Is money really the most important innovation of society?

Keith Patarroyo
13 min readJul 2, 2021

This is the first of a series of posts where I debate whether a monetary system or technology is the key to growth in society.

It seems today there are two competing narratives regarding the question of growth. The first regards technology as the key to our economy, our wealth, and our way of being. The second claims that a proper monetary system is foundational for being able to freely invent and build layers of complexity within our society. In particular, we generate technology inside a society with a monetary system, that values and influences it. However, money itself can be regarded as a social technology, so we are inside a sort of Chicken and Egg problem displayed in the cover image.

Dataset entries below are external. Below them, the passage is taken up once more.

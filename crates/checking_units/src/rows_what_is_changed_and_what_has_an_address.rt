//! what is changed and what has an address: what the definition of checking answers.
ghost use Rattle.std.specs.Prelude.{◌≡◌};
ghost use Rattle.checking_units.specs.Parts.{outcome, accepted, breaks};
ghost use Rattle.checking_units.specs.RowsWhatIsChangedAndWhatHasAnAddress as rows;

/// what is changed and what has an address.
pub fn rows_what_is_changed_and_what_has_an_address()
    ensures what_is_changed_and_what_has_an_address_1 { outcome rows.what_is_changed_and_what_has_an_address_1 ≡ breaks 10 24 }
    ensures what_is_changed_and_what_has_an_address_2 { outcome rows.what_is_changed_and_what_has_an_address_2 ≡ accepted }
    ensures what_is_changed_and_what_has_an_address_3 { outcome rows.what_is_changed_and_what_has_an_address_3 ≡ breaks 10 24 }
    ensures what_is_changed_and_what_has_an_address_4 { outcome rows.what_is_changed_and_what_has_an_address_4 ≡ breaks 10 30 }
    ensures what_is_changed_and_what_has_an_address_5 { outcome rows.what_is_changed_and_what_has_an_address_5 ≡ breaks 11 29 }
    ensures what_is_changed_and_what_has_an_address_6 { outcome rows.what_is_changed_and_what_has_an_address_6 ≡ breaks 10 39 }
    ensures what_is_changed_and_what_has_an_address_7 { outcome rows.what_is_changed_and_what_has_an_address_7 ≡ breaks 10 28 }
    ensures what_is_changed_and_what_has_an_address_8 { outcome rows.what_is_changed_and_what_has_an_address_8 ≡ accepted }
    ensures what_is_changed_and_what_has_an_address_9 { outcome rows.what_is_changed_and_what_has_an_address_9 ≡ breaks 10 61 }
    ensures what_is_changed_and_what_has_an_address_10 { outcome rows.what_is_changed_and_what_has_an_address_10 ≡ breaks 11 56 }
    ensures what_is_changed_and_what_has_an_address_11 { outcome rows.what_is_changed_and_what_has_an_address_11 ≡ breaks 10 72 }
    ensures what_is_changed_and_what_has_an_address_12 { outcome rows.what_is_changed_and_what_has_an_address_12 ≡ breaks 10 34 }
    ensures what_is_changed_and_what_has_an_address_13 { outcome rows.what_is_changed_and_what_has_an_address_13 ≡ accepted }
{}
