//! C29: ownership qualifier is misplaced: what the definition of checking answers.
ghost use Rattle.std.specs.Prelude.{◌≡◌};
ghost use Rattle.checking_units.specs.Parts.{outcome, breaks};
ghost use Rattle.checking_units.specs.RowsC29 as rows;

/// C29: ownership qualifier is misplaced.
pub fn rows_c29()
    ensures c29_1 { outcome rows.c29_1 ≡ breaks 29 1 }
    ensures c29_2 { outcome rows.c29_2 ≡ breaks 29 5 }
    ensures c29_3 { outcome rows.c29_3 ≡ breaks 29 1 }
    ensures c29_4 { outcome rows.c29_4 ≡ breaks 29 18 }
    ensures c29_5 { outcome rows.c29_5 ≡ breaks 29 33 }
    ensures c29_6 { outcome rows.c29_6 ≡ breaks 29 26 }
    ensures c29_7 { outcome rows.c29_7 ≡ breaks 29 15 }
    ensures c29_8 { outcome rows.c29_8 ≡ breaks 29 15 }
    ensures c29_9 { outcome rows.c29_9 ≡ breaks 29 14 }
    ensures c29_10 { outcome rows.c29_10 ≡ breaks 29 29 }
    ensures c29_11 { outcome rows.c29_11 ≡ breaks 29 1 }
    ensures c29_12 { outcome rows.c29_12 ≡ breaks 29 16 }
    ensures c29_13 { outcome rows.c29_13 ≡ breaks 29 8 }
    ensures c29_14 { outcome rows.c29_14 ≡ breaks 29 5 }
    ensures c29_15 { outcome rows.c29_15 ≡ breaks 29 7 }
{}
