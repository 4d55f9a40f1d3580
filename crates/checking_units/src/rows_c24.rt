//! C24: constant expression is undefined: what the definition of checking answers.
ghost use Rattle.std.specs.Prelude.{◌≡◌};
ghost use Rattle.checking_units.specs.Parts.{outcome, breaks};
ghost use Rattle.checking_units.specs.RowsC24 as rows;

/// C24: constant expression is undefined.
pub fn rows_c24()
    ensures c24_1 { outcome rows.c24_1 ≡ breaks 24 12 }
    ensures c24_2 { outcome rows.c24_2 ≡ breaks 24 19 }
    ensures c24_3 { outcome rows.c24_3 ≡ breaks 24 7 }
    ensures c24_4 { outcome rows.c24_4 ≡ breaks 24 27 }
    ensures c24_5 { outcome rows.c24_5 ≡ breaks 24 9 }
    ensures c24_6 { outcome rows.c24_6 ≡ breaks 24 34 }
    ensures c24_7 { outcome rows.c24_7 ≡ breaks 24 34 }
{}
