//! C46: condition has the wrong type: what the definition of checking answers.
ghost use Rattle.std.specs.Prelude.{◌≡◌};
ghost use Rattle.checking_units.specs.Parts.{outcome, breaks};
ghost use Rattle.checking_units.specs.RowsC46 as rows;

/// C46: condition has the wrong type.
pub fn rows_c46()
    ensures c46_1 { outcome rows.c46_1 ≡ breaks 46 47 }
    ensures c46_2 { outcome rows.c46_2 ≡ breaks 46 43 }
    ensures c46_3 { outcome rows.c46_3 ≡ breaks 46 25 }
    ensures c46_4 { outcome rows.c46_4 ≡ breaks 46 46 }
{}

Historically technology comes before money, however, societies without money don’t look like anything we are familiar with today. Was money the key innovation that unlocked the power of modern society? Was money the fundamental element to extend the principles of natural selection to markets? In this series of posts, I’ll explore some ideas that argue in both directions. First I’ll argue why technology is the key to economic growth and how it's dependent and independent of a monetary system in part I of this series.

 1. Combinatorial Evolution of Technology 
1.1 Layers of Creativity
1.2 Combinatorial Evolution in Mathematics

Combinatorial Evolution of Technology

Ever since the publication of Darwin’s Theory of Natural selection, people wondered if Technology evolves, and if it does, what is the mechanism behind its evolution process? I’ll follow here the ideas of Economists Paul Romer and W. Brian Arthur. The main ingredient for both of them lies in the concept of Combination.

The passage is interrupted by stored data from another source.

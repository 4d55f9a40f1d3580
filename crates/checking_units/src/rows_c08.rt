//! C08: internal function is used and not defined: what the definition of checking answers.
ghost use Rattle.std.specs.Prelude.{◌≡◌};
ghost use Rattle.checking_units.specs.Parts.{outcome, breaks};
ghost use Rattle.checking_units.specs.RowsC08 as rows;

/// C08: internal function is used and not defined.
pub fn rows_c08()
    ensures c08_1 { outcome rows.c08_1 ≡ breaks 8 42 }
    ensures c08_2 { outcome rows.c08_2 ≡ breaks 8 76 }
    ensures c08_3 { outcome rows.c08_3 ≡ breaks 8 42 }
{}
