//! accepted: declarations: what the definition of checking answers.
ghost use Rattle.std.specs.Prelude.{◌≡◌};
ghost use Rattle.checking_units.specs.Parts.{outcome, accepted};
ghost use Rattle.checking_units.specs.RowsAcceptedDeclarations1 as rows;

/// accepted: declarations.
pub fn rows_accepted_declarations_1()
    ensures accepted_declarations_1 { outcome rows.accepted_declarations_1 ≡ accepted }
    ensures accepted_declarations_2 { outcome rows.accepted_declarations_2 ≡ accepted }
    ensures accepted_declarations_3 { outcome rows.accepted_declarations_3 ≡ accepted }
    ensures accepted_declarations_4 { outcome rows.accepted_declarations_4 ≡ accepted }
    ensures accepted_declarations_5 { outcome rows.accepted_declarations_5 ≡ accepted }
    ensures accepted_declarations_6 { outcome rows.accepted_declarations_6 ≡ accepted }
    ensures accepted_declarations_7 { outcome rows.accepted_declarations_7 ≡ accepted }
    ensures accepted_declarations_8 { outcome rows.accepted_declarations_8 ≡ accepted }
    ensures accepted_declarations_9 { outcome rows.accepted_declarations_9 ≡ accepted }
    ensures accepted_declarations_10 { outcome rows.accepted_declarations_10 ≡ accepted }
    ensures accepted_declarations_11 { outcome rows.accepted_declarations_11 ≡ accepted }
    ensures accepted_declarations_12 { outcome rows.accepted_declarations_12 ≡ accepted }
    ensures accepted_declarations_13 { outcome rows.accepted_declarations_13 ≡ accepted }
    ensures accepted_declarations_14 { outcome rows.accepted_declarations_14 ≡ accepted }
    ensures accepted_declarations_15 { outcome rows.accepted_declarations_15 ≡ accepted }
    ensures accepted_declarations_16 { outcome rows.accepted_declarations_16 ≡ accepted }
    ensures accepted_declarations_17 { outcome rows.accepted_declarations_17 ≡ accepted }
    ensures accepted_declarations_18 { outcome rows.accepted_declarations_18 ≡ accepted }
    ensures accepted_declarations_19 { outcome rows.accepted_declarations_19 ≡ accepted }
    ensures accepted_declarations_20 { outcome rows.accepted_declarations_20 ≡ accepted }
    ensures accepted_declarations_21 { outcome rows.accepted_declarations_21 ≡ accepted }
    ensures accepted_declarations_22 { outcome rows.accepted_declarations_22 ≡ accepted }
    ensures accepted_declarations_23 { outcome rows.accepted_declarations_23 ≡ accepted }
    ensures accepted_declarations_24 { outcome rows.accepted_declarations_24 ≡ accepted }
{}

The theory of combinatorial evolution of technology states technology works a bit like a very strange Lego set. You make combinations and if they happen to repeat and be extremely useful, you heat those combinations, fuse them together and throw them back in the Lego set for yet further combination. Moreover, the instructions of combining the legos are what we define as ideas, more precisely, ideas are the instructions that let us combine limited physical resources in arrangements that are ever more valuable.

Therefore we can think of the invention of new technologies as a combinatorial evolutionary process where we don’t mutate the current technology to generate a new one, but rather we combine and reuse other technologies to generate a new one. This sounds very compelling, but how does this work in practice? Let’s take the example of building a battery pack for electric vehicles.

Clearly, a car battery is made from a lot of different components, the point here is not to learn about the specifics of car batteries but of the role of combinations in technologies. Each of the pieces of the battery itself is made from different parts themselves, in fact, we could go so far as to end up in the raw materials used to build the battery. Is this decomposition in the fundamental building blocks useful at all? We let Elon Musk himself answer this question:

So it is clear that a clever combination of materials is not only important for generating new technologies but also for massify and decrease their monetary value. However, this example is not only interesting because it shows the combinatorial mindset in practice, but rather because, Elon mentions London Metal Exchange. Therefore the price of the materials is not only fundamental for mass-producing the invention but rather influences the possible combinations he is willing to create. However, we can think of decreasing the price as just one possible problem that Elon is trying to solve.

In general when we create technologies we not only are thinking about how to minimize the mass-produced prize but we can consider any kind of human problem and this is precisely the second component of the theory of combinatorial evolution, we generate technologies for solving a Human problem. A Human problem can be monetary, scientific, social, survival, etc. These problems can be strongly, lightly, or totally uncoupled from money or the monetary system.

However generating a specific device to solve a problem does not immediately amount to mass adoption, one has to convince other people to use it. Moreover one has to teach how to use this correctly, and it will only persevere when it has found a stable socio-economic niche. These elements are foundational to the adoption and permanence of the technology, however, the recipe to create the device is well described by the combinatory theory.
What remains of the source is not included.